Multivariable adjustment for potential confounders confirmed the large impact of the intervention on the prescription-Fscores as was already visible in the descriptive analyses (Table 4). Adjusted for the influence of the prescription category, ward, and number of concurrently prescribed drugs, the drugs prescribed with the CPOE system were over ten times (OR = 10.11 [95% CI 8.49–12.05]) more likely to achieve a higher prescription-Fscore when compared to paper-based prescriptions. Administration forms other than the standard peroral administration route were associated with lower prescription-Fscores (“risky route”, OR = 0.76 [95% CI 0.73–0.79]; “as needed”, OR = 0.59 [95% CI 0.57–0.61]; “other”, OR = 0.87 [95% CI 0.80–0.93]). Net absolute interventional effects expressed as differences in predicted group means were 29.6% (standard peroral prescriptions), 33.5% (prescriptions with a risky administration route), 39.3% (prescriptions as needed), and 35.4% (other prescriptions), respectively (Fig. 2).

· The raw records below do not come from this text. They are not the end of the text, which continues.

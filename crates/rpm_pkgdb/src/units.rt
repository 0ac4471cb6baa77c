//! Units: of the file, read, written and durable; of slot pages and heads of blobs, as bytes.

ghost use Rattle.std.specs.Prelude.{◌≡◌, ℕ, ◌+◌, ◌/◌, ◌%◌, ◌≤◌, ◌<◌, IsTrue, length, take, drop, OnOk, IfOk, ◌*◌, ◌^◌, ◌∷◌, []};
ghost use Rattle.rpm_pkgdb.specs.Prelude.{blank, bytes_of, Files, FitsAt, head_of, IsHeadUnit, IsSame, IsDurable, IsSlotUnit, next_unit, Pkg, with_units, ReadsOnly, SameOutside, tail_of, Torn, unit_at, Units, units_of, word, Writes};

use crate::blob::{HEAD, TAIL};
use crate::slot::{MAGIC, SLOT, Slot};
use rpm_outside::{Disk, Failed, File, bytes_of_word, unit_of_words};

/// Unit 1.
#[tactic(auto, using(crate::proofs::UnitWords::next_unit_words))]
pub fn next_unit(number: u32) -> [u8; 16]
    ensures word { word 0 result ≡ number }
    ensures bytes { result ≡ next_unit number }
{
    unit_of_words(number, 0, 0, 0)
}

/// The unit of a slot.
#[tactic(auto, using(crate::proofs::UnitWords::unit_words))]
pub fn slot_unit(slot: Slot) -> [u8; 16]
    ensures { IsSlotUnit result slot }
{
    unit_of_words(SLOT, slot.number, slot.offset, slot.count)
}

/// Unit 0.
#[tactic(auto, using(crate::proofs::UnitWords::unit_words))]
pub fn head_unit(generation: u32, pages: u32) -> [u8; 16]
    ensures { IsHeadUnit result generation pages }
{
    unit_of_words(MAGIC, 0, generation, pages)
}

/// The head of a blob of so many bytes.
#[tactic(auto, unfolding(crate::specs::Framing::head_of, rpm_outside::specs::Words::unit_of_words, rpm_outside::specs::Words::bytes_of_word))]
pub fn blob_head(number: u32, generation: u32, size: u32) -> [u8; 16]
    ensures { result ≡ head_of number generation size }
{
    unit_of_words(HEAD, number, generation, size)
}

/// The tail of a blob of so many bytes.
#[tactic(auto, unfolding(crate::specs::Framing::tail_of, rpm_outside::specs::Words::bytes_of_word))]
pub fn blob_tail(sum: u32, size: u32) -> [u8; 12]
    ensures { result ≡ tail_of sum size }
{
    let a = bytes_of_word(sum);
    let b = bytes_of_word(size);
    let c = bytes_of_word(TAIL);
    [
        a[0], a[1], a[2], a[3], b[0], b[1], b[2], b[3], c[0], c[1], c[2], c[3],
    ]
}

/// Reads units of Packages.db.
pub fn read_units<D: Disk>(disk: &mut D, unit: u64, into: &mut [u8]) -> Result<(), Failed>
    requires whole { length into.old % 16 ≡ 0 }
    requires within { IsTrue D.tells → unit + length into.old / 16 ≤ length (D.files disk.old).pkg }
    ensures units { OnOk result (IsTrue D.tells → units_of into.new ≡ take (length into.old / 16) (drop unit (D.files disk.old).pkg)) }
    ensures bytes { OnOk result (IsTrue D.tells → into.new ≡ bytes_of (take (length into.old / 16) (drop unit (D.files disk.old).pkg))) }
    ensures reads { ReadsOnly D.Disk Pkg (length into.old) result disk.old disk.new }
{
    disk.read_at(File::Pkg, unit, into)?;
    Ok(())
}

/// Unit k of these bytes.
pub fn unit_in(bytes: &[u8], k: usize) -> &[u8]
    requires { k < length bytes.now / 16 }
    ensures unit { result.now ≡ unit_at (units_of bytes.now) k }
    ensures whole { length result.now ≡ 16 }
{
    &bytes[16 * k..16 * k + 16]
}

/// Reads one unit.
pub fn read_unit<D: Disk>(disk: &mut D, at: u64) -> Result<[u8; 16], Failed>
    requires { IsTrue D.tells → at < length (D.files disk.old).pkg }
    ensures unit { IfOk result (λ unit. IsTrue D.tells → unit ≡ unit_at (D.files disk.old).pkg at) }
    ensures reads { ReadsOnly D.Disk Pkg 16 result disk.old disk.new }
{
    let mut unit = [0u8; 16];
    read_units(disk, at, &mut unit)?;
    Ok(unit)
}

/// Writes units of Packages.db.
pub fn write_units<D: Disk>(disk: &mut D, at: u64, bytes: &[u8]) -> Result<(), Failed>
    requires { FitsAt at bytes.now }
    ensures written { OnOk result (IsTrue D.tells → (D.files disk.new).pkg ≡ with_units at (units_of bytes.now) (D.files disk.old).pkg) }
    ensures writes { Writes D.Disk Pkg (Torn at (units_of bytes.now)) 0 result disk.old disk.new }
{
    disk.write_at(File::Pkg, at, bytes)
}

/// Makes Packages.db durable.
pub fn sync_pkg<D: Disk>(disk: &mut D) -> Result<(), Failed>
    ensures durable { OnOk result (IsTrue D.tells → IsDurable D.Disk Pkg disk.new) }
    ensures writes { Writes D.Disk Pkg IsSame 0 result disk.old disk.new }
{
    disk.sync(File::Pkg)
}

/// Writes one unit and makes the file durable.
pub fn write_one<D: Disk>(disk: &mut D, at: u64, unit: &[u8; 16]) -> Result<(), Failed>
    requires room { at < 2 ^ 28 }
    ensures written { OnOk result (IsTrue D.tells → (D.files disk.new).pkg ≡ with_units at (unit.now ∷ []) (D.files disk.old).pkg) }
    ensures durable { OnOk result (IsTrue D.tells → IsDurable D.Disk Pkg disk.new) }
    ensures writes { Writes D.Disk Pkg (Torn at (unit.now ∷ [])) 0 result disk.old disk.new }
{
    write_units(disk, at, unit)?;
    sync_pkg(disk)
}

/// Makes units zeros, a page in each write.
pub fn write_zeros<D: Disk>(disk: &mut D, at: u32, count: u32) -> Result<(), Failed>
    requires room { at + count ≤ 2 ^ 28 }
    ensures zeros { OnOk result (IsTrue D.tells → (i : ℕ) → at ≤ i → i < at + count → unit_at (D.files disk.new).pkg i ≡ blank) }
    ensures writes { Writes D.Disk Pkg (SameOutside at count) 0 result disk.old disk.new }
{
    if count == 0 {
        return Ok(());
    }
    let zeros = [0u8; 4096];
    let end = at + count;
    let mut next = at;
    while next < end {
        let some = (end - next).min(256);
        write_units(disk, next as u64, &zeros[..16 * some as usize])?;
        next += some;
    }
    Ok(())
}
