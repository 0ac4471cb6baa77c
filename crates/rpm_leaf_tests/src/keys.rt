//! The keys by which packages are found, the files that they own, and what they need or give.

use crate::fixtures::{SHELL, bytes_of};
use crate::values::{NO_NAME, ODD};
use rpm_header::View;
use rpm_tags::{Kind, Tags, dependencies, has_file, keys};
use std::alloc::{AllocError, Global};

// INSTALLTID of two numbers, and a recommended capability.
const TWO_TIDS: &str = "00000002 0000000a
    00000468 00000004 00000000 00000002
    000013b6 00000008 00000008 00000001
    00000006 00000007 6100";

// INSTALLTID of one number of eight bytes, and as a text.
const WIDE_TID: &str = "00000001 00000008
    00000468 00000005 00000000 00000001 3132333435363738";

const TEXT_TID: &str = "00000001 00000002
    00000468 00000006 00000000 00000001 3600";

// Headers with a kind, and its keys, each with its place and a bar after it.
const KEYS: &[(&str, Kind, &str)] = &[
    (SHELL, Kind::Name, "bash0|"),
    (SHELL, Kind::Basenames, "bash0|sh1|"),
    (SHELL, Kind::Group, "Shells0|"),
    (SHELL, Kind::Providename, "bash0|sh1|"),
    (SHELL, Kind::Requirename, "libc0|libtinfo1|"),
    (SHELL, Kind::Conflictname, ""),
    (SHELL, Kind::Obsoletename, ""),
    (SHELL, Kind::Triggername, ""),
    (SHELL, Kind::Dirnames, "/usr/bin/0|"),
    (SHELL, Kind::Installtid, ""),
    (ODD, Kind::Name, "d0|"),
    (ODD, Kind::Group, "en0|"),
    (ODD, Kind::Providename, ""),
    (NO_NAME, Kind::Name, ""),
    (
        TWO_TIDS,
        Kind::Installtid,
        "\0\0\0\0\0\0\0\x060|\0\0\0\0\0\0\0\x071|",
    ),
    (TWO_TIDS, Kind::Recommendname, "a0|"),
    (WIDE_TID, Kind::Installtid, "123456780|"),
    (TEXT_TID, Kind::Installtid, ""),
];

/// The keys of a kind, each with its place and a bar after it.
fn shown(alloc: Global, view: &View<'_>, kind: Kind) -> Result<Vec<u8>, AllocError> {
    let mut bytes = Vec::new(alloc);
    for (key, place) in keys(kind, view) {
        bytes.extend_from_slice(key.bytes())?;
        bytes.push(if place == 0 { b'0' } else { b'1' })?;
        bytes.push(b'|')?;
    }
    Ok(bytes)
}

/// Whether a header has these keys of a kind.
fn has_keys(alloc: Global, hex: &str, kind: Kind, want: &str) -> Result<bool, AllocError> {
    let blob = bytes_of(alloc, hex)?;
    match View::parse(&blob) {
        Ok(view) => Ok(shown(alloc, &view, kind)?.as_slice() == want.as_bytes()),
        Err(_) => Ok(false),
    }
}

// The second of two files is `/b/c`, and its name is `/c`.
const NAMES_WITH_SLASH: &str = "00000003 00000014
    0000045c 00000004 00000000 00000002
    0000045d 00000008 0000000f 00000002
    0000045e 00000008 00000008 00000002
    00000000 00000001 2f612f00 2f6200 7800 2f6300";

const FILES: &[(&str, bool)] = &[
    ("/a/x", true),
    ("/b/c", false),
    ("/a/c", false),
    ("x", false),
];

/// Whether a header has a file of this path.
fn owns(alloc: Global, hex: &str, path: &str) -> Result<bool, AllocError> {
    let blob = bytes_of(alloc, hex)?;
    match View::parse(&blob) {
        Ok(view) => Ok(has_file(&view, path.as_bytes())),
        Err(_) => Ok(false),
    }
}

// Two names, one number of flags, one version.
const SHORT_FLAGS: &str = "00000003 0000000a
    00000417 00000008 00000004 00000002
    00000458 00000004 00000000 00000001
    00000459 00000008 00000008 00000001
    00000008 61006200 3100";

const PROVIDES: Tags = Tags {
    names: 1047,
    flags: 1112,
    versions: 1113,
};

const PROVIDED: &[(&[u8], u64, &[u8])] = &[(b"a", 8, b"1"), (b"b", 0, b"")];

/// Whether a header provides just these.
fn provides(view: &View<'_>, wanted: &[(&[u8], u64, &[u8])]) -> bool {
    let mut left = dependencies(view, PROVIDES);
    for &(name, flags, version) in wanted {
        let is_same = match left.next() {
            Some(found) => {
                found.name == name && found.flags == flags && found.version == version
            }
            None => false,
        };
        if !is_same {
            return false;
        }
    }
    left.next().is_none()
}

/// Whether a header says that it provides just these.
fn says(alloc: Global, hex: &str, wanted: &[(&[u8], u64, &[u8])]) -> Result<bool, AllocError> {
    let blob = bytes_of(alloc, hex)?;
    match View::parse(&blob) {
        Ok(view) => Ok(provides(&view, wanted)),
        Err(_) => Ok(false),
    }
}

fn unlike_keys(alloc: Global) -> Option<(&'static str, &'static str)> {
    for &(hex, kind, want) in KEYS {
        if has_keys(alloc, hex, kind, want) != Ok(true) {
            return Some((hex, want));
        }
    }
    None
}

fn unlike_file(alloc: Global) -> Option<&'static str> {
    for &(path, is_there) in FILES {
        if owns(alloc, NAMES_WITH_SLASH, path) != Ok(is_there) {
            return Some(path);
        }
    }
    None
}

#[test]
fn keys_files_and_dependencies_are_those_by_hand(rt: HostRuntime) {
    let alloc = rt.alloc();
    let keys = unlike_keys(alloc);
    let file = unlike_file(alloc);
    let short = says(alloc, SHORT_FLAGS, PROVIDED);
    assert!(rt;
        keys.is_none() && file.is_none() && short == Ok(true),
        "{keys:?} {file:?} {short:?}"
    );
}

We also noted that the prescription-Fscore is a ward-dependent variable. The prescription-Fscores were significantly lower than the global (weighted) average of all wards at one ward (ward 3, OR = 0.53 [95% CI 0.43–0.67]), whereas three other wards (ward 5, OR = 1.29 [95% CI 1.03–1.63]; ward 6, OR = 1.44 [95% CI 1.11–1.86]; and ward 7, OR = 1.21 [95% CI 1.05–1.40]) had significantly higher prescription-Fscores than the global (weighted) average of all wards.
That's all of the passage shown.